START Dataset records
//! Messages that tables name, changed as they say, and other bytes.
ghost use Rattle.std.specs.Prelude.{◌≡◌, ◌≤◌, ◌<◌, None, IsTrue, length};
ghost use Rattle.dbus_header.specs.Malformed.{head_fault, whole_len};

use dbus_header::length as message_length;
use std::alloc::{AllocError, Global};

/// A call to org.a.T, with serial 7.
const CALL: &[u8] =
    b"l\x01\x00\x01\x00\x00\x00\x00\x07\x00\x00\x00@\x00\x00\x00\x01\x01o\x00\x02\x00\x00\x00/p\x00\x00\x00\x00\x00\
        \x00\x02\x01s\x00\x07\x00\x00\x00org.a.I\x00\x03\x01s\x00\x01\x00\x00\x00A\x00\x00\x00\x00\x00\x00\x00\x06\
        \x01s\x00\x07\x00\x00\x00org.a.T\x00";

/// A return to :1.40 with serial 60, the answer to serial 2.
const RETURN: &[u8] =
    b"l\x02\x01\x01\x00\x00\x00\x00<\x00\x00\x00%\x00\x00\x00\x05\x01u\x00\x02\x00\x00\x00\x06\x01s\x00\x05\x00\x00\x00:1.40\x00\x00\x00\x07\x01s\x00\x04\x00\x00\x00:1.7\x00\x00\x00\x00";

/// A call to a.b in big-endian order, with serial 0x01020304.
const BIG_CALL: &[u8] =
    b"B\x01\x00\x01\x00\x00\x00\x00\x01\x02\x03\x04\x00\x00\x00,\x01\x01o\x00\x00\x00\x00\x01/\x00\x00\x00\x00\x00\
        \x00\x00\x03\x01s\x00\x00\x00\x00\x01M\x00\x00\x00\x00\x00\x00\x00\x06\x01s\x00\x00\x00\x00\x03a.b\x00\x00\
        \x00\x00\x00";

/// A return with the boolean true, the answer to serial 2.
const BOOLEAN: &[u8] =
    b"l\x02\x01\x01\x04\x00\x00\x00\x09\x00\x00\x00\x0f\x00\x00\x00\x05\x01u\x00\x02\x00\x00\x00\x08\x01g\x00\x01b\x00\x00\x01\x00\x00\x00";

/// The boolean return in big-endian order.
const BIG_BOOLEAN: &[u8] =
    b"B\x02\x01\x01\x00\x00\x00\x04\x00\x00\x00\x09\x00\x00\x00\x0f\x05\x01u\x00\x00\x00\x00\x02\x08\x01g\x00\x01b\x00\x00\x00\x00\x00\x01";

/// A return without a body that states that it has no descriptors.
const DESCRIPTORS: &[u8] =
    b"l\x02\x01\x01\x00\x00\x00\x00\x09\x00\x00\x00\x10\x00\x00\x00\x05\x01u\x00\x02\x00\x00\x00\x09\x01u\x00\x00\x00\x00\x00";

/// That return in big-endian order.
const BIG_DESCRIPTORS: &[u8] =
    b"B\x02\x01\x01\x00\x00\x00\x00\x00\x00\x00\x09\x00\x00\x00\x10\x05\x01u\x00\x00\x00\x00\x02\x09\x01u\x00\x00\x00\x00\x00";

/// A return with an empty array of 64-bit numbers, whose padding ends at place 64.
const EMPTY_ARRAY: &[u8] =
    b"l\x02\x01\x01\x08\x00\x00\x00\x09\x00\x00\x00\x2d\x00\x00\x00\x05\x01u\x00\x02\x00\x00\x00\x08\x01g\x00\x02at\
        \x00\x06\x01s\x00\x05\x00\x00\x00:1.40\x00\x00\x00\x07\x01s\x00\x04\x00\x00\x00:1.7\x00\x00\x00\x00\x00\x00\
        \x00\x00\x00\x00\x00\x00";

/// A head of protocol version 2.
const NEWER: &[u8] = b"l\x01\x00\x02\x00\x00\x00\x00\x07\x00\x00\x00\x00\x00\x00\x00";

/// A head whose serial is 0.
const UNNUMBERED: &[u8] = b"l\x02\x00\x01\x00\x00\x00\x00\x00\x00\x00\x00\x00\x00\x00\x00";

/// A return whose body has a byte, with no SIGNATURE.
const STRAY: &[u8] =
    b"l\x02\x01\x01\x01\x00\x00\x00<\x00\x00\x00\x08\x00\x00\x00\x05\x01u\x00\x02\x00\x00\x00\x00";

/// The first bytes of a call whose body has an array of bytes. It states no body.
const ARRAY_CALL: &[u8] =
    b"l\x01\x00\x01\x00\x00\x00\x00\x07\x00\x00\x00\x28\x00\x00\x00\x01\x01o\x00\x02\x00\x00\x00/p\x00\x00\x00\x00\
        \x00\x00\x03\x01s\x00\x01\x00\x00\x00A\x00\x00\x00\x00\x00\x00\x00\x08\x01g\x00\x02ay\x00";

/// That call with the longest body that it may state: with it the message would have 128 MiB.
const LONGEST: &[u8] =
    b"l\x01\x00\x01\xc8\xff\xff\x07\x07\x00\x00\x00\x28\x00\x00\x00\x01\x01o\x00\x02\x00\x00\x00/p\x00\x00\x00\x00\
        \x00\x00\x03\x01s\x00\x01\x00\x00\x00A\x00\x00\x00\x00\x00\x00\x00\x08\x01g\x00\x02ay\x00";

/// The message of a name.
pub fn bytes_of(name: &str) -> &'static [u8] {
    match name {
        "call" => CALL,
        "return" => RETURN,
        "big_call" => BIG_CALL,
        "boolean" => BOOLEAN,
        "big_boolean" => BIG_BOOLEAN,
        "descriptors" => DESCRIPTORS,
        "big_descriptors" => BIG_DESCRIPTORS,
        "empty_array" => EMPTY_ARRAY,
        "newer" => NEWER,
        "unnumbered" => UNNUMBERED,
        "stray" => STRAY,
        "longest" => LONGEST,
        _ => b"",
    }
}

/// The message with a name, with the changes that follow the name, separated by spaces: `PLACE=BYTE` puts a byte, a
/// number or a letter, at a place, and `cut=LENGTH` leaves this number of bytes.
pub fn changed(alloc: Global, row: &str) -> Result<Vec<u8>, AllocError> {
    let (name, changes) = row.split_once(' ').unwrap_or((row, ""));
    let mut bytes = Vec::from_slice(alloc, bytes_of(name))?;
    for change in changes.split(' ') {
        match change.split_once('=') {
            Some(("cut", len)) => bytes.truncate(len.parse().unwrap_or(0)),
            Some((place, byte)) => put(&mut bytes, place, byte),
            None => (),
        }
    }
    Ok(bytes)
}

/// A call with an array of this many bytes.
pub fn long_call(alloc: Global, len: u32) -> Result<Vec<u8>, AllocError> {
    let mut bytes = Vec::from_slice(alloc, ARRAY_CALL)?;
    bytes.extend_from_slice(&len.to_le_bytes())?;
    bytes[4..8].copy_from_slice(&len.saturating_add(4).to_le_bytes());
    for at in 0..len {
        bytes.push((at % 251) as u8)?;
    }
    Ok(bytes)
}

/// A call with a path of 600 bytes.
pub fn deep_call(alloc: Global) -> Result<Vec<u8>, AllocError> {
    let mut bytes = Vec::from_slice(
        alloc,
        b"l\x01\x00\x01\x00\x00\x00\x00\x07\x00\x00\x00\x72\x02\x00\x00\x01\x01o\x00\x58\x02\x00\x00/",
    )?;
    for _ in 0..599 {
        bytes.push(b'a')?;
    }
    bytes.extend_from_slice(b"\x00\x00\x00\x00\x00\x00\x00\x00\x03\x01s\x00\x01\x00\x00\x00A\x00")?;
    bytes.extend_from_slice(&[0; 6])?;
    Ok(bytes)
}

fn put(bytes: &mut [u8], place: &str, byte: &str) {
    if let Some(old) = bytes.get_mut(place.parse().unwrap_or(usize::MAX)) {
        *old = match byte.as_bytes() {
            [letter] if !letter.is_ascii_digit() => *letter,
            _ => byte.parse().unwrap_or(0),
        };
    }
}

/// Whether the bytes have the length that they state, if they state one.
pub fn is_whole(bytes: &[u8]) -> bool
    ensures long { IsTrue result → 16 ≤ length bytes.now }
    ensures whole { IsTrue result → head_fault bytes.now ≡ None → length bytes.now ≡ whole_len bytes.now }
{
    match bytes.first_chunk::<16>() {
        None => false,
        Some(head) => match message_length(head) {
            Ok(len) => len as usize == bytes.len(),
            Err(_) => false,
        },
    }
}
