//! Tests of messages: what is read of a message, what is wrong with others, and the messages of streams.
#![tactic(auto)]

#[cfg(test)]
mod bodies;
#[cfg(test)]
mod framing;
#[cfg(test)]
mod headers;
#[cfg(test)]
mod messages;
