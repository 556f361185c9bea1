// How a course goes on.
ghost use Rattle.std.specs.Prelude.{◌≡◌, ◌-◌, ◌<◌, [], ◌∷◌, ◌++◌, length, take};
ghost use Rattle.arrayvec.specs.ArrayVec.{array_vec_len};
ghost use Rattle.nodes.specs.Nodes.{view_at};
ghost use Rattle.deck.specs.Sheets.{sheet_of};
ghost use Rattle.semantics.specs.Semantics.{full};
ghost use Rattle.semantics.specs.declared.status.Status.TheVariants.{Ready, Stopped};
ghost use Rattle.semantics.specs.declared.status.Cause.TheVariants.{TooFewSlots};
ghost use Rattle.player.specs.Stack.{Settles};
ghost use Rattle.player.specs.Of.{todo_of, behind, Stands, Moved, Fits, Enters, Comes};

use crate::course::{Coming, Course, DEPTH};
use arrayvec::ArrayVec;
use deck::deck::Deck;
use nodes::view::View;
use semantics::status::{Cause, Status};

// What node i says.
pub(crate) fn view_at(deck: &Deck, i: u16) -> View
    ensures { result ≡ view_at (sheet_of deck.now).nodes i }
{
    deck.node_at(i).view()
}

// The last node of a sheet, its own series.
fn last_node(deck: &Deck) -> u16
    ensures { result ≡ length (sheet_of deck.now).nodes - 1 }
{
    (deck.count() - 1) as u16
}

// Whether node i is a series with a statement.
fn is_full(deck: &Deck, i: u16) -> bool
    ensures { result ≡ full (view_at (sheet_of deck.now).nodes i) }
{
    matches!(view_at(deck, i), View::Series { .. })
}

// Drops the empty series in front, and answers how a course with the others stands.
fn settle(deck: &Deck, todo: &mut ArrayVec<u16, DEPTH>) -> Status
    ensures { Settles (sheet_of deck.now) todo.old.items todo.new.items result }
{
    while let Some(&front) = todo.last() {
        if is_full(deck, front) {
            return Status::Ready;
        }
        todo.pop();
    }
    Status::Ended
}

// Puts a series in the place of the front one.
fn replace(todo: &mut ArrayVec<u16, DEPTH>, series: u16)
    requires { 0 < array_vec_len todo.old }
    ensures { todo.new.items ≡ take (array_vec_len todo.old - 1) todo.old.items ++ series ∷ [] }
{
    let front = todo.len() - 1;
    todo[front] = series;
}

impl Course {
    pub(crate) fn begin(deck: Deck) -> Course
        ensures { Moved deck result ((length (sheet_of deck).nodes - 1) ∷ []) }
    {
        let mut course = Course {
            deck,
            todo: ArrayVec::new(),
            status: Status::Ended,
        };
        course.restart();
        course
    }

    pub(crate) fn restart(&mut self)
        ensures { Moved self.old.deck self.new ((length (sheet_of self.old.deck).nodes - 1) ∷ []) }
    {
        self.todo.clear();
        self.todo.push(last_node(&self.deck));
        self.status = settle(&self.deck, &mut self.todo);
    }

    // What a ready course has in front.
    pub(crate) fn coming(&self) -> Coming
        requires { self.now.status ≡ Ready }
        ensures { Comes self.now result }
    {
        let front = self.todo[self.todo.len() - 1];
        let series = self.deck.node_at(front);
        Coming {
            front,
            at: series.a,
            rest: series.b,
            statement: view_at(&self.deck, series.a),
        }
    }

    // Stops for want of slots.
    // Stays: node 0, since a stop always tells a node, and the slots belong to none.
    pub(crate) fn lack_slots(&mut self)
        ensures { Stands self.old.deck self.new [] (Stopped TooFewSlots 0) }
    {
        self.todo.clear();
        self.status = Status::Stopped {
            cause: Cause::TooFewSlots,
            node: 0,
        };
    }

    // Goes on with `rest` in place of the front series.
    pub(crate) fn go_on(&mut self, rest: u16)
        requires { Fits self.old rest }
        ensures { Moved self.old.deck self.new (rest ∷ behind self.old) }
    {
        replace(&mut self.todo, rest);
        self.status = settle(&self.deck, &mut self.todo);
    }

    // Goes on with `body`, and then with `under` in place of the front series.
    pub(crate) fn enter(&mut self, under: u16, body: u16)
        requires { Enters self.old under body }
        ensures { Moved self.old.deck self.new (body ∷ under ∷ behind self.old) }
    {
        replace(&mut self.todo, under);
        self.todo.push(body);
        self.status = settle(&self.deck, &mut self.todo);
    }

    // Goes on with the body of a while, and then with its series again.
    pub(crate) fn again(&mut self, coming: Coming, body: u16)
        requires { Enters self.old coming.front body }
        ensures { Moved self.old.deck self.new (body ∷ coming.front ∷ behind self.old) }
    {
        self.enter(coming.front, body)
    }

    pub(crate) fn stop(&mut self, cause: Cause, node: u16)
        ensures { Stands self.old.deck self.new (todo_of self.old) (Stopped cause node) }
    {
        self.status = Status::Stopped { cause, node };
    }
}
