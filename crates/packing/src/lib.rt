// Packing without gaps, from numbers alone: from the bytes that each slot takes up, the order of collection, and where
// each slot moves.
#![tactic(auto)]

ghost use Rattle.std.specs.Prelude.{◌≡◌, ◌≤◌, ◌<◌, length};
ghost use Rattle.room.specs.Room.{Bounded, ranges_in};
ghost use Rattle.packing.specs.Order.{comes_first, new_slot, new_offset, none_overlaps};

use room::Range;

// Where a slot moves.
#[derive(Clone, Copy, Debug, PartialEq, Eq)]
pub struct Move {
    pub slot: u64,
    pub offset: u64,
}

// Whether a range comes before another: its area is larger, or as large and at a lower offset.
fn comes_first(r: Range, s: Range) -> bool
    ensures { result ≡ comes_first r s }
{
    s.area < r.area || (r.area == s.area && r.offset < s.offset)
}

// Where slot j moves: past the slots and the areas of those that come before it.
pub fn move_of(ranges: &[Range], j: usize) -> Move
    requires { (length ranges.now ≤ 128) × (j < length ranges.now) × Bounded (length ranges.now) ranges.now }
    ensures slot_value { result.slot ≡ new_slot (ranges_in ranges.now) (length ranges.now) j }
    ensures offset_value { result.offset ≡ new_offset (ranges_in ranges.now) (length ranges.now) j }
{
    let mut slot: u64 = 0;
    let mut offset: u64 = 0;
    for range in ranges {
        if comes_first(*range, ranges[j]) {
            slot += (range.area != 0) as u64;
            offset += range.area;
        }
    }
    Move { slot, offset }
}

// Whether no two of the ranges overlap: each fits beside those of the lower slots.
pub fn none_overlaps(ranges: &[Range]) -> bool
    requires { Bounded (length ranges.now) ranges.now }
    ensures { result ≡ none_overlaps (ranges_in ranges.now) (length ranges.now) }
{
    for (i, range) in ranges.iter().enumerate() {
        if room::lowest_overlap(&ranges[..i], *range).is_some() {
            return false;
        }
    }
    true
}
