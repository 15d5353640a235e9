ghost use Rattle.std.specs.Prelude.{◌≡◌, ◌+◌, ◌*◌, ◌⊎◌, ℕ, List, Some, slice_get};
ghost use Rattle.kk_base.specs.Machines.{state, trace};
ghost use Rattle.kk_base.specs.Simulations.{Simulates};
ghost use Rattle.kk_base.specs.Agreements.{Agree};
ghost use Rattle.rv_isa.specs.AsmCode.{Lines};
ghost use Rattle.rv_isa.specs.AsmMachine.{AsmState, asm_machine, asm_start};
ghost use Rattle.rv_isa.specs.LinePlaces.{AsmIsAt, AsmHasOwnLine};
ghost use Rattle.rv_isa.specs.Primitives.{Primitives, go};
ghost use Rattle.rv_isa.specs.ValueBounds.{HaveValuesBelow};
ghost use Rattle.rv_isa.specs.WellFormed.{AreWellFormed};
ghost use Rattle.rv_inline.specs.InLine.{most_fresh, HasInLine};
ghost use Rattle.rv_inline.specs.InLineLines.{line_in_line};
ghost use Rattle.rv_inline.specs.Relation.{Copies, FramesStand, FramesInCall, NeverStuck, Related, IsNotStuck};

/// What the machine of assembler code leaves open: operations, conditions and routines over what it shares. A copy gives its word, and
/// leaves alone what is shared.
pub trait Execution {
    ghost Shared: { Type 0 };

    ghost Event: { Type 0 };

    ghost Ending: { Type 0 };

    ghost primitives: { Primitives Shared Event Ending };

    ghost copies: { Copies primitives };
}

/// Code with calls in line means what the code means.
///
/// Its machine simulates that of the code step by step, and no step weighs more. From the start of the first function on both tell the
/// same events and end alike. The code must never come to a state in which it can do nothing more. Then the code with calls in line comes
/// to none either.
///
/// For each state in which the code goes on, the other code comes to a state with the same events told and the same shared. Its frames
/// stand for those of that state, with their values and what they hold: a leaf that runs in a frame of its own in the one runs in the
/// frame of its caller in the other. Each own line of the code has an own line in the other code; of a call in line it is the line that
/// asks for the room of a frame. Where the code is at an own line, the other code comes to that line, with the same told and shared.
///
/// Where code is well formed, so is that with calls in line, and a function names at most `most_fresh` values more. It is a law, and does
/// nothing.
pub fn calls_in_line_keep_meaning<M: Execution>()
    ensures simulates { (q q' : List Lines) (depth : ℕ) → HasInLine q q'
        → Simulates (asm_machine M.primitives depth q) (asm_machine M.primitives depth q')
        (Related M.primitives depth q q') IsNotStuck 1 }
    ensures starts { (q q' : List Lines) (depth : ℕ) (main : Lines) (shared : M.Shared) → HasInLine q q'
        → slice_get q 0 ≡ Some main → NeverStuck M.primitives depth q (asm_start main shared)
        → (main' : Lines) × (slice_get q' 0 ≡ Some main') × (main'.params ≡ main.params)
        × Related M.primitives depth q q' 0 0 (asm_start main shared) (asm_start main' shared) }
    ensures agrees { (q q' : List Lines) (depth : ℕ) (main : Lines) (shared : M.Shared) → HasInLine q q'
        → slice_get q 0 ≡ Some main → NeverStuck M.primitives depth q (asm_start main shared)
        → (main' : Lines) × (slice_get q' 0 ≡ Some main')
        × Agree (asm_machine M.primitives depth q) (asm_machine M.primitives depth q') 0 (λ steps. steps * 1 + 0 + 1)
        (asm_start main shared) (asm_start main' shared) }
    ensures never_stuck { (q q' : List Lines) (depth : ℕ) (main : Lines) (shared : M.Shared) → HasInLine q q'
        → slice_get q 0 ≡ Some main → NeverStuck M.primitives depth q (asm_start main shared)
        → (main' : Lines) × (slice_get q' 0 ≡ Some main') × NeverStuck M.primitives depth q' (asm_start main' shared) }
    ensures follows { (q q' : List Lines) (depth : ℕ) (main : Lines) (shared : M.Shared) → HasInLine q q'
        → slice_get q 0 ≡ Some main → NeverStuck M.primitives depth q (asm_start main shared)
        → (main' : Lines) × ((slice_get q' 0 ≡ Some main')
        × ((n : ℕ) (s : AsmState M.Shared) → state (asm_machine M.primitives depth q) n (asm_start main shared) ≡ go s
        → (count : ℕ) × ((t : AsmState M.Shared)
        × ((state (asm_machine M.primitives depth q') count (asm_start main' shared) ≡ go t)
        × ((trace (asm_machine M.primitives depth q') count (asm_start main' shared)
        ≡ trace (asm_machine M.primitives depth q) n (asm_start main shared))
        × ((t.shared ≡ s.shared)
        × (FramesStand q q' s.frames t.frames ⊎ FramesInCall q q' s.frames t.frames))))))) }
    ensures has { (q q' : List Lines) → HasInLine q q' → (f k : ℕ) → AsmHasOwnLine q f k
        → AsmHasOwnLine q' f (line_in_line q q' f k) }
    ensures apart { (q q' : List Lines) → HasInLine q q' → (f j k : ℕ) → AsmHasOwnLine q f j → AsmHasOwnLine q f k
        → line_in_line q q' f j ≡ line_in_line q q' f k → j ≡ k }
    ensures comes { (q q' : List Lines) (depth : ℕ) (main : Lines) (shared : M.Shared) → HasInLine q q'
        → slice_get q 0 ≡ Some main → NeverStuck M.primitives depth q (asm_start main shared)
        → (main' : Lines) × ((slice_get q' 0 ≡ Some main')
        × ((n f k : ℕ) (now : M.Shared) → AsmHasOwnLine q f k
        → AsmIsAt q f k now (state (asm_machine M.primitives depth q) n (asm_start main shared))
        → (count : ℕ) × ((trace (asm_machine M.primitives depth q') count (asm_start main' shared)
        ≡ trace (asm_machine M.primitives depth q) n (asm_start main shared))
        × AsmIsAt q' f (line_in_line q q' f k) now
        (state (asm_machine M.primitives depth q') count (asm_start main' shared))))) }
    ensures formed { (q q' : List Lines) → HasInLine q q' → AreWellFormed q → AreWellFormed q' }
    ensures values { (q q' : List Lines) (most : ℕ) → HasInLine q q' → HaveValuesBelow most q
        → HaveValuesBelow (most + most_fresh) q' }
{}
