// How many values a function has: one more than the greatest that it names.

ghost use Rattle.std.specs.Prelude.{◌≤◌, ◌<◌, ℕ, map};
ghost use Rattle.rv_isa.specs.AsmCode.{line_of, lines_of};
ghost use Rattle.rv_isa.specs.ValueBounds.{AreValuesBelow, IsWrittenBelow, AreLinesBelow, HasValuesBelow};

use rv_isa::{AsmFunction, Statement};

/// One more than a value, or `most` where that is more.
fn behind(most: usize, value: u32) -> usize
    ensures above { most ≤ result }
    ensures below { value < result }
    ensures least { (limit : ℕ) → most ≤ limit → value < limit → result ≤ limit }
{
    most.max(value as usize + 1)
}

fn values_behind(most: usize, values: &[u32]) -> usize
    ensures above { most ≤ result }
    ensures below { (limit : ℕ) → result ≤ limit → AreValuesBelow limit values.now }
    ensures least { (limit : ℕ) → most ≤ limit → AreValuesBelow limit values.now → result ≤ limit }
{
    let mut greatest = most;
    for value in values {
        greatest = behind(greatest, *value);
    }
    greatest
}

fn written_behind(most: usize, into: Option<u32>) -> usize
    ensures above { most ≤ result }
    ensures below { (limit : ℕ) → result ≤ limit → IsWrittenBelow limit into }
    ensures least { (limit : ℕ) → most ≤ limit → IsWrittenBelow limit into → result ≤ limit }
{
    match into {
        Some(value) => behind(most, value),
        None => most,
    }
}

fn lines_behind(most: usize, code: &[Statement]) -> usize
    ensures above { most ≤ result }
    ensures below { (limit : ℕ) → result ≤ limit → AreLinesBelow limit (map line_of code.now) }
    ensures least { (limit : ℕ) → most ≤ limit → AreLinesBelow limit (map line_of code.now) → result ≤ limit }
{
    let mut greatest = most;
    for statement in code {
        greatest = values_behind(greatest, &statement.args);
        greatest = written_behind(greatest, statement.into);
    }
    greatest
}

/// The number of values of a function.
pub fn count_of_values(function: &AsmFunction) -> usize
    ensures below { HasValuesBelow result (lines_of function.now) }
    ensures least { (limit : ℕ) → HasValuesBelow limit (lines_of function.now) → result ≤ limit }
{
    lines_behind(values_behind(0, &function.params), &function.code)
}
END Dataset records
Task to carry out: Set down the lines of the records exactly, from the first one through the line containing "const CALL: &[u8]", and add nothing else.

Output of the task:
//! Messages that tables name, changed as they say, and other bytes.
ghost use Rattle.std.specs.Prelude.{◌≡◌, ◌≤◌, ◌<◌, None, IsTrue, length};
ghost use Rattle.dbus_header.specs.Malformed.{head_fault, whole_len};

use dbus_header::length as message_length;
use std::alloc::{AllocError, Global};

/// A call to org.a.T, with serial 7.
const CALL: &[u8] =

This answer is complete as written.